In this study, we demonstrated the predictive ability of an expert-driven segmentation framework on longitudinal healthcare utilization and mortality.
Population segmentation of patients into parsimonious and relatively homogenous subgroups or segments based on healthcare requirements can aid healthcare resource planning and the development of targeted intervention programs for a specific patient subgroup [1, 2]. With an understanding of the current and future healthcare requirements for each segment, more targeted and efficient care can be delivered for each specific patient segment. This is especially critical in Singapore with rapidly ageing population and increasing chronic disease burden . Healthcare expenditure is predicted to exponentially increase from Singapore Dollars (SGD) $4 billion (USD $2.98 billion) in 2011 to SGD $12 billion (USD $8.94 billion) in 2020 . Healthcare in Singapore is mainly under the responsibility of the Singapore Ministry of Health (MOH) which uses a mixed financing system that includes nationalized healthcare insurance schemes and deductions from the compulsory savings plan Central Provident Fund (CPF), for Singapore citizens and permanent residents . In order to effectively deliver effective and targeted care for an ageing population and cope with increasing healthcare costs, it is crucial to have a deep understanding of population’s health characteristics and healthcare needs. Population segmentation is a critical first step in the development of effective healthcare policy because it provides policy makers with more detailed information about specific health characteristics and healthcare needs of each population segment which allows for tailored health intervention programs for different segments. This eventually leads to better policy decisions on healthcare resources allocation and planning.
There are two major approaches to population segmentation – 1) data-driven approach where segmentation is done using statistical analysis (e.g. clustering analysis, latent class analysis, classification tree) on empirical health data and 2) expert-defined approach where segments are decided via experts’ review and consensus on current evidence in literature. These two approaches are not mutually exclusive and a hybrid approach may have both data and experts input. Some examples of a data-driven approach include Lafortune’s latent class analysis of a trial’s data , Liu et al’s study of the Taiwan National health Insurance survey participants  and Van der Laan at al’s demand-driven segmentation model . In these studies, health related data, including medical, behavioral, functional and socio-demographic data were used to derive various segments and profile each segment’s characteristics.
Alternatively, segments can also be defined a-priori through experts’ review and consensus on current evidence in literature.

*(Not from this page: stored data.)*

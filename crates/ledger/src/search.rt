// The search for an address among those of the objects. A guess is tried first, where the list has guesses; what it misses is found
// in the order of the addresses, by halving.
ghost use Rattle.std.specs.Prelude.{◌≡◌};
ghost use Rattle.ledger.specs.Index.{guess_at, with_guess, Sorted, Indexed, Halving, Guessed, Sought};

use format::OBJECTS_MOST;
use ordering::halving;
use ordering::halving::Place;

// The guesses: four for each object, so that few addresses share one.
pub const GUESSES: usize = 4 * OBJECTS_MOST;

// The words of a list of addresses without guesses: for each object one for its address and one for its number in the order. That is
// enough for a small file, where a longer list costs more than its guesses save.
pub const INDEX_WORDS: usize = 2 * OBJECTS_MOST;

// The words of a list of addresses with guesses.
pub const TABLE_WORDS: usize = INDEX_WORDS + GUESSES;

// Where the guess for an address stands. Most headers lie at multiples of 8.
fn guess_at(address: u64) -> usize
    ensures { result ≡ guess_at address }
{
    let spread = address / 8 + address / (8 * GUESSES as u64);
    INDEX_WORDS + spread as usize % GUESSES
}

// The object with an address; where none has it, how many objects have a lower address, which is where a new one stands in the
// order. And how many addresses were compared at most.
#[derive(Clone, Copy)]
pub struct Search {
    pub object: Option<usize>,
    pub order: usize,
    pub tests: usize,
}

// The objects of a table: the list of their addresses, and how many there are.
#[derive(Clone, Copy)]
pub struct ObjectList<'a> {
    pub addresses: &'a [u64],
    pub count: usize,
}

impl ObjectList<'_> {
    // The object that the guess for an address is; none if that one has another address or there are no guesses.
    fn guessed(self, address: u64) -> Option<usize>
        requires { Indexed self.addresses.now self.count }
        ensures { Guessed self.entry.addresses.now self.entry.count address result }
    {
        let addresses = self.addresses;
        if addresses.len() < TABLE_WORDS {
            return None;
        }
        let guess = addresses[guess_at(address)] as usize;
        if self.count <= guess {
            return None;
        }
        if addresses[guess] != address {
            return None;
        }
        Some(guess)
    }

    // How many objects have an address below this one, in the order that begins at the word `from`.
    fn halve(self, from: usize, address: u64) -> Place
        requires { Sorted self.addresses.now from self.count }
        ensures { Halving self.entry.addresses.now from self.entry.count address result }
    {
        let addresses = self.addresses;
        halving::halve(self.count, |k| {
            let object = addresses[from + k] as usize;
            addresses[object] < address
        })
    }

    // Searches in the order: halves, and compares the address there.
    fn find_in_order(self, address: u64) -> Search
        requires { Indexed self.addresses.now self.count }
        ensures { Sought self.entry.addresses.now self.entry.count address 1 result }
    {
        let addresses = self.addresses;
        let from = format::the_limits().objects_most;
        let found = self.halve(from, address);
        let order = found.place;
        let tests = found.tests + 1;
        if order < self.count {
            let object = addresses[from + order] as usize;
            if addresses[object] == address {
                return Search {
                    object: Some(object),
                    order,
                    tests,
                };
            }
        }
        Search {
            object: None,
            order,
            tests,
        }
    }

    // Searches for an address. Of the objects in use no two have the same, so that a guess that has it is the one.
    pub fn find(self, address: u64) -> Search
        requires { Indexed self.addresses.now self.count }
        ensures { Sought self.entry.addresses.now self.entry.count address 2 result }
    {
        if let Some(object) = self.guessed(address) {
            return Search {
                object: Some(object),
                order: 0,
                tests: 1,
            };
        }
        let found = self.find_in_order(address);
        Search {
            tests: found.tests + 1,
            ..found
        }
    }
}

// Makes an object the guess for its address, where the list has guesses.
pub fn remember(addresses: &mut [u64], address: u64, object: usize)
    ensures { addresses.new ≡ with_guess addresses.old address object }
{
    if addresses.len() < TABLE_WORDS {
        return;
    }
    addresses[guess_at(address)] = object as u64;
}
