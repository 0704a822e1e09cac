// The table of objects: each address met, in order of discovery, with the number of hard links and sharings that give it.
#![tactic(auto)]

pub mod report;
pub mod search;
pub mod table;
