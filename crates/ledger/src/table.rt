// The table as two lists that the caller lends: the address of each object, with what a search needs behind them, and the
// number of links to it and of sharings of it.
ghost use Rattle.std.specs.Prelude.{◌+◌, ◌^◌, ◌<◌, ◌≡◌, None};
ghost use Rattle.ledger.specs.Links.{link_sum};
ghost use Rattle.ledger.specs.Index.{Indexed, Sought, Addable, Added};
ghost use Rattle.ledger.specs.Table.{linked_of, Table, Discovered, Started};
ghost use Rattle.ledger.specs.Objects.{found_count, SameTable};

use crate::search;
use crate::search::{ObjectList, Search};

// The table, and how many objects it has.
#[derive(Drop)]
pub struct Objects<'a> {
    pub addresses: &'a mut [u64],
    pub counts: &'a mut [u32],
    pub count: usize,
}

impl Objects<'_> {
    // Searches for an address among those of the objects.
    pub fn find(&self, address: u64) -> Search
        requires { Indexed self.now.addresses.now self.now.count }
        ensures { Sought self.now.addresses.now self.now.count address 2 result }
    {
        let objects = ObjectList {
            addresses: &*self.addresses,
            count: self.count,
        };
        objects.find(address)
    }

    // Puts the address of a new object behind those in use and its number into the order, and makes it the guess. Nothing is compared: a
    // search has ended. Its links are not counted here.
    pub fn add(&mut self, address: u64, order: usize)
        requires { Addable self.old.addresses.now self.old.count address order }
        ensures added { Added self.old.addresses.now self.old.count address self.new.addresses.now }
        ensures one_more { self.new.count ≡ self.old.count + 1 }
        ensures same_counts { self.new.counts.now ≡ self.old.counts.now }
        ensures kept { SameTable self.old self.new }
    {
        let from = format::the_limits().objects_most;
        let objects = self.count;
        let addresses = &mut *self.addresses;
        addresses[objects] = address;
        let numbers = &mut addresses[from..from + objects + 1];
        ordering::insert(numbers, order, objects as u64);
        search::remember(addresses, address, objects);
        self.count = objects + 1;
    }

    // Counts a hard link to the address, or a sharing of it, where a search for the address ended: one more for an object of
    // the table, or a new object with one. Nothing where the table holds as many as it may.
    pub fn count_at(&mut self, address: u64, found: Search) -> Option<()>
        requires table { Table self.old.addresses.now self.old.counts.now self.old.count }
        requires counts_bound { link_sum (linked_of self.old.count self.old.addresses.now self.old.counts.now) + 1 < 2 ^ 32 }
        requires sought { Sought self.old.addresses.now self.old.count address 2 found }
        ensures discovered { Discovered self.old.addresses.now self.old.counts.now self.old.count address self.new.addresses.now
            self.new.counts.now (found_count self.new.count result) }
        ensures full { result ≡ None → self.new.count ≡ self.old.count }
        ensures kept { SameTable self.old self.new }
    {
        if let Some(object) = found.object {
            self.counts[object] += 1;
            search::remember(self.addresses, address, object);
            return Some(());
        }
        let limits = format::the_limits();
        let objects = self.count;
        if limits.objects_most <= objects {
            return None;
        }
        self.add(address, found.order);
        self.counts[objects] = 1;
        Some(())
    }

    // Counts a hard link to the address, or a sharing of it.
    pub fn discover(&mut self, address: u64) -> Option<()>
        requires table { Table self.old.addresses.now self.old.counts.now self.old.count }
        requires counts_bound { link_sum (linked_of self.old.count self.old.addresses.now self.old.counts.now) + 1 < 2 ^ 32 }
        ensures discovered { Discovered self.old.addresses.now self.old.counts.now self.old.count address self.new.addresses.now
            self.new.counts.now (found_count self.new.count result) }
        ensures full { result ≡ None → self.new.count ≡ self.old.count }
        ensures kept { SameTable self.old self.new }
    {
        let found = self.find(address);
        self.count_at(address, found)
    }

    // Makes the table that of one object, the root, with one link: the superblock's root entry.
    pub fn start(&mut self, root: u64)
        requires { Table self.old.addresses.now self.old.counts.now 0 }
        ensures started { Started self.old.addresses.now self.old.counts.now root self.new.addresses.now self.new.counts.now }
        ensures count { self.new.count ≡ 1 }
        ensures kept { SameTable self.old self.new }
    {
        self.count = 0;
        self.add(root, 0);
        self.counts[0] = 1;
    }
}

Examples of published expert-defined approaches include Lynn et al’s Bridges to Health person-centered segmentation framework,  Kaiser Permanente’s Senior Segmentation Algorithm for elderly persons aged 65 years or older  and National Academy of Medicine Patient Taxonomy . In our previous work, we assessed the feasibility of segmenting a general patient population into six segments defined by Singapore Health Systems Regional Health System (SingHealth RHS) experts . In our previous work, we found this framework to be feasible as a proof of concept to identify patient segments with distinct healthcare utilization and mortality patterns . However, in the previous study, we were not able to assess the predicative ability of patient segment membership on long-term healthcare utilization and mortality. It is important that validation and adjustment need to be pursued before clinical and policy application in a healthcare system . In our policy context, the segmentation approach needs to be validated against long-term healthcare utilization and mortality. This is also a critical gap in literature where it is not clear whether population segments by expert-defined segmentation approaches have different long-term healthcare utilization and mortality.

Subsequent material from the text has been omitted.